The AEDP gave grant funding to two associations that focused on underrepresented groups, the SRG and the Alexandria Minority Business Association, but Gebremedhin said four out of the eight groups had applications that narrowly focused on promoting minority representation within their respective associations and within the city as a whole.
West End Business Association has majority minority membership and is led by a minority business owner, Gebremedhin said. The other business association that focuses on minority businesses in Alexandria is the Alexandria Chamber of Commerce. In their grant application, they noted that the grant funding would be used to help promote minority owned businesses in the city. They would use the funds to help minority business owners with leadership and development, as well as doing outreach.
Pastor Lou Whiting is the president and one of five founders of the Social Responsibility Group, which received funding from the AEDP through the ALX B2B Business Association Grant Program.
“Our initiative that drove us to form the group was to be more socially responsible individuals in the City of Alexandria, looking at different social issues. Not just Black Lives Matter … [but also] housing and even a project we’re working on now with Douglass Memorial Cemetery … We want to span visibility, so that is why we organized this group,” Whiting said.
“AEDP’s grant funding was more for actually building capacity and sustainability for the group, which is sorely needed” Whiting added. “It’s hard to build an organization of all volunteers. We wanted it to be sustainable.”
Goals for the SRG include bringing a lot more attention to Black businesses in the city. In August 2023, the group plans on tying in with National Black Business Week to do a “Black Business Weekend” in Alexandria. This would be graduated to an entire week eventually, Whiting said. Grant money from the funding may go towards needed equipment for the group, renting a shared space for meetings and business and for one of their main goals which is to build an African American business directory.
“This would be an excellent tool for the City of Alexandria,” Whiting said about creating a directory. “We’re meeting now to pick out maybe three or four things with the grant funding that will help us push forward and accomplish our goals.”
To make sure the grant funding is successful for every business association that received it, the AEDP is working with each association individually.

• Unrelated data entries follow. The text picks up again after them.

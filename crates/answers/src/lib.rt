// Answers as the paper's four numbers: a refusal's number (0 accepted), its place, the value of an accepted call, and of an order
// the count of its reports.
// The casts by `as` lose nothing: usize and u64 both have 64 bits.
#![tactic(auto)]

ghost use Rattle.std.specs.Prelude.{◌≡◌};
ghost use Rattle.sequences.specs.Checks.{reply};
ghost use Rattle.layout.specs.Answers.{reply_in};
ghost use Rattle.rules.specs.Replies.{refusal_reply, answer_reply, order_answer_reply, value_answer_reply, count_answer_reply};
ghost use Rattle.answers.specs.Numbers.{reply_of, Told, ToldOrder};

use rules::{Counts, Refusal};
use units::ReferenceValue;

// Numbers, and no Result: in these an answer crosses to C, and goes into the list of a batch's answers.
#[derive(Clone, Copy, Default, PartialEq, Eq, Debug)]
pub struct Numbers {
    pub number: u64,
    pub place: u64,
    pub value: u64,
    pub reports: u64,
}

// A refusal with its place. It tells no value, which is 0 then.
fn refused_at(number: u64, place: usize) -> Numbers
    ensures { reply_of result ≡ reply number place 0 }
{
    Numbers {
        number,
        place: place as u64,
        ..Numbers::default()
    }
}

// An accepted call with its value.
fn accepted(value: u64) -> Numbers
    ensures { reply_of result ≡ reply 0 0 value }
{
    Numbers {
        value,
        ..Numbers::default()
    }
}

// An impl for each answer: a trait of what an accepted call tells would take as many, and each answer has its own definition.

// The paper's numbers are those of the C interface. They stand here and not as the enum's own, since some refusals have a place beside.
impl From<Refusal> for Numbers {
    ghost from_gives = { λ why numbers. reply_of numbers ≡ refusal_reply why };

    fn from(why: Refusal) -> Numbers {
        match why {
            Refusal::Sizes => refused_at(1, 0),
            Refusal::FundField => refused_at(2, 0),
            Refusal::Component(place) => refused_at(3, place),
            Refusal::Total(place) => refused_at(4, place),
            Refusal::UnsoundDay => refused_at(5, 0),
            Refusal::NoSuchLine => refused_at(6, 0),
            Refusal::QuantityOrPrice => refused_at(7, 0),
            Refusal::Account => refused_at(8, 0),
            Refusal::ShortOfStock(place) => refused_at(9, place),
            Refusal::ShortOfCash => refused_at(10, 0),
            Refusal::NotWholeBaskets => refused_at(11, 0),
            Refusal::Switch => refused_at(12, 0),
            Refusal::Limit => refused_at(13, 0),
            Refusal::NoReferenceValue => refused_at(14, 0),
            Refusal::CashRatio => refused_at(15, 0),
            Refusal::ListTooShort => refused_at(16, 0),
            Refusal::FundShort(place) => refused_at(17, place),
            Refusal::TextLine(place) => refused_at(18, place),
            Refusal::TextField(place) => refused_at(19, place),
            Refusal::RecordCount => refused_at(20, 0),
            Refusal::FlagTable(place) => refused_at(21, place),
        }
    }
}

impl From<Result<(), Refusal>> for Numbers {
    ghost from_gives = { λ answer numbers. reply_of numbers ≡ answer_reply answer };

    fn from(answer: Result<(), Refusal>) -> Numbers {
        match answer {
            Ok(()) => accepted(0),
            Err(why) => Numbers::from(why),
        }
    }
}

impl From<Result<Counts, Refusal>> for Numbers {
    ghost from_gives = { λ answer numbers. reply_of numbers ≡ order_answer_reply answer };

    fn from(answer: Result<Counts, Refusal>) -> Numbers {
        match answer {
            Ok(counts) => Numbers {
                reports: counts.reports as u64,
                ..accepted(counts.records as u64)
            },
            Err(why) => Numbers::from(why),
        }
    }
}

impl From<Result<ReferenceValue, Refusal>> for Numbers {
    ghost from_gives = { λ answer numbers. reply_of numbers ≡ value_answer_reply answer };

    fn from(answer: Result<ReferenceValue, Refusal>) -> Numbers {
        match answer {
            Ok(value) => accepted(value.0),
            Err(why) => Numbers::from(why),
        }
    }
}

// The answer of a call that tells a count: of components that are read, or of bytes that are written.
impl From<Result<usize, Refusal>> for Numbers {
    ghost from_gives = { λ answer numbers. reply_of numbers ≡ count_answer_reply answer };

    fn from(answer: Result<usize, Refusal>) -> Numbers {
        match answer {
            Ok(count) => accepted(count as u64),
            Err(why) => Numbers::from(why),
        }
    }
}

// The numbers in the order in which they are stored, as `layout::put_answer` takes them.
impl From<Numbers> for [u64; layout::ANSWER_WIDTH] {
    ghost from_gives = { λ numbers array. reply_in array ≡ reply_of numbers };

    fn from(numbers: Numbers) -> [u64; layout::ANSWER_WIDTH] {
        [
            numbers.number,
            numbers.place,
            numbers.value,
            numbers.reports,
        ]
    }
}

// An answer's numbers: the place and the value where the caller points, and the number handed back, as the C interface asks.
pub fn tell(answer: Numbers, place: &mut u64, value: &mut u64) -> u64
    ensures { Told (reply_of answer) result place.new value.new }
{
    *place = answer.place;
    *value = answer.value;
    answer.number
}

// An order's numbers: the count of its reports where the caller points too. The C interface gives an order this one pointer more.
pub fn tell_order(answer: Numbers, place: &mut u64, value: &mut u64, reports: &mut u64) -> u64
    ensures { ToldOrder (reply_of answer) result place.new value.new reports.new }
{
    *reports = answer.reports;
    tell(answer, place, value)
}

Gebremedhin said there are “many layers” of how the AEDP is keeping contact with the grantees. There is a monthly call with all the business associations, those that received the grants and also business associations in the city that did not apply for the grants. This monthly call is not new, but rather something the AEDP will continue even after the funding period. This call, said Gebremedhin, is put in place to establish networks for all of the business associations in the city.

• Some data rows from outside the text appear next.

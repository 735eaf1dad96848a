//! What `serve` does.

ghost use Rattle.std.specs.Prelude.{◌≡◌, Option, Some, IfOk, MatchResult, is_some, option_map, string_bytes};
ghost use Rattle.server_core.specs.World.{opening};
ghost use Rattle.socket_server.specs.Keeping.{keeping, keeping_all};
ghost use Rattle.socket_server.specs.Sockets.{key_stream};
ghost use Rattle.socket_server.specs.Serving.{scene, unknown, uncounted, ServesUntil, GivesUp};
ghost use Rattle.scenario_run.specs.Held.{place};
ghost use Rattle.commands.specs.NodeFiles.{Made};
ghost use Rattle.commands.specs.Said.{MadeBy};
ghost use Rattle.commands.specs.Serving.{BeginsWithStore, Restores, IsUnopened, ServesWith, ServesOn, ServesBy, ServesMade, ServesFile, status_served, status_stored};
ghost use Rattle.commands.specs.Serving.{idle_of as idle_of_spec, listening_line as listening_line_spec, with_url as with_url_spec, configured as configured_spec, with_store as with_store_spec};

use crate::exit_status::ExitStatus;
use crate::footprint::most_bytes;
use crate::log::Log;
use crate::machine::Machine;
use crate::process::Process;
use crate::program::{Ended, no_memory, nodes_in, read_file, say, step_fault, stream};
use crate::stop_file::StopFile;
use crate::watching::{Tracing, Visitors, Visits};
use command_line::ServeOptions;
use server_core::Server;
use server_messages::{Keeper, KeptValues, NoKeeper, StoreFault};
use socket_server::{KeptServer, Observer, PeerLimits, Serve, ServeFault, Turns};
use std::alloc::{AllocError, Global};
use std::io::Write;
use std::net::{IpAddr, Net, SocketAddr};
use std::random::RandomSource;
use std::rt::Files;
use std::sync::Wait;
use std::time::Clock;
use store_restoring::{OpensStores, Restoring, latest_time, restore};
use stream_taps::Tap;
use ua_space::Space;
use ua_types::{Config, Text, write_id};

There will also be a monthly and quarterly report to the AEDP that is required by the eight associations who did receive funding. Lastly, the AEDP offers technical assistance to all of the recipients which helps them keep in contact regularly. Even without funding, the AEDP will act as a resource for these organizations long-term.

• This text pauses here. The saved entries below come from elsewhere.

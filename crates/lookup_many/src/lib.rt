// Many lookups in one call: whether a member of a set contains each query of a row. It reads what contains reads for each of them, and no more; walks go down
// side by side, so that one does not wait for the memory of another.
ghost use Rattle.lookup_many.specs.Rules.{ContainsAll};

use asking::one_by_one;
use blocks::by_blocks;
use lookup::walking::root;
use nets::Refusal;
use pool_header::FAMILY;

mod asking;
mod blocks;

// Writes for each query of a row what contains answers, in one number. A query is three numbers, as list writes them: high word, low word, length; the family is that
// of all of them. What is left of the row behind its whole queries is not read, entries of the answers past them keep what they had, and a refusal writes nothing.
pub fn contains_all(
    pool: &[u32],
    set: u32,
    family: u8,
    queries: &[u64],
    answers: &mut [u64],
) -> Result<u32, Refusal>
    ensures { ContainsAll pool.now set family queries.now answers.old result answers.new }
{
    root(pool, set)?;
    if family as u32 != pool[FAMILY] {
        return Err(Refusal::WrongFamily);
    }
    if answers.len() < queries.len() / 3 {
        return Err(Refusal::ShortBuffer);
    }
    let done = by_blocks(pool, set, family, queries, answers);
    one_by_one(pool, set, family, queries, done, answers);
    Ok(0)
}
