// A query of a row, its answer as one number, and queries answered one by one.
ghost use Rattle.std.specs.Prelude.{true, ◌≡◌, ◌+◌, ◌-◌, ◌*◌, ◌/◌, ◌≤◌, ◌<◌, length, get_or};
ghost use Rattle.nets.specs.Networks.{has_bit_past};
ghost use Rattle.nodes.specs.Words.{put};
ghost use Rattle.pool_state.specs.Decode.{is_header};
ghost use Rattle.lookup.specs.Rules.{is_member};
ghost use Rattle.lookup_many.specs.Rules.{query_at, bit, in_one, asked_of};
ghost use Rattle.trie_index.specs.Index.{fill};
ghost use Rattle.lookup_many.specs.Lanes.{clip, clipped};

use lookup::walking::query;
use nets::{Net, has_bit_past};
use trie_lookup::Shown;

// An answer in one number: the nodes that were read, and these where a member was found, and where a set bit was cut; or the refusal, so many times.
const YES: u64 = 281474976710656;

const CUT: u64 = 562949953421312;

const REFUSED: u64 = 4294967296;

// A length as a byte: none above 254 is that of a network.
fn byte_of(len: u64) -> u8
    ensures { result ≡ clip len }
{
    u8::try_from(len).unwrap_or(255)
}

// Query i of a row.
pub fn query_at(queries: &[u64], i: usize, family: u8) -> Net
    requires { i < length queries.now / 3 }
    ensures { result ≡ clipped (query_at family queries.now i) }
{
    let k = 3 * i;
    Net {
        family,
        hi: queries[k],
        lo: queries[k + 1],
        len: byte_of(queries[k + 2]),
    }
}

// The report: bit 49 where a set bit past the length was cut.
fn report(net: Net) -> u64
    ensures { result ≡ 562949953421312 * bit (has_bit_past net) }
{
    if has_bit_past(net) {
        return CUT;
    }
    0
}

// What a path shows, as the answer of contains in one number.
pub fn number_of(net: Net, s: Shown) -> u64
    ensures { result ≡ in_one (is_member net s) }
{
    match s {
        Shown::Member(_, k) => k as u64 + YES + report(net),
        Shown::Nothing(k) => k as u64 + report(net),
        Shown::Refused(no) => REFUSED * (no.number() as u64),
    }
}

// Answers the queries from number `from` on.
pub fn one_by_one(
    pool: &[u32],
    set: u32,
    family: u8,
    queries: &[u64],
    from: usize,
    answers: &mut [u64],
)
    requires { (is_header pool.now ≡ true) × (set < get_or pool.now 2 0) × (from ≤ length queries.now / 3) × (length queries.now / 3 ≤ length answers.old) }
    ensures { answers.new ≡ put answers.old from (fill (asked_of pool.now set family queries.now) from (length queries.now / 3 - from)) }
{
    for i in from..queries.len() / 3 {
        let net = query_at(queries, i, family);
        answers[i] = number_of(net, query(pool, set, net));
    }
}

“One of the reasons why we’re tracking everybody’s activity and how they’re using the funding is we’ve built in, within this funding, that it would be sustainable beyond the funding period. Our work, within the associations, even if we do not fund them, will continue … their monthly calls will continue, our engagement with them will continue because we believe in the value of the associations for the city and the work that AEDP does within the city,” Gebremedhin said.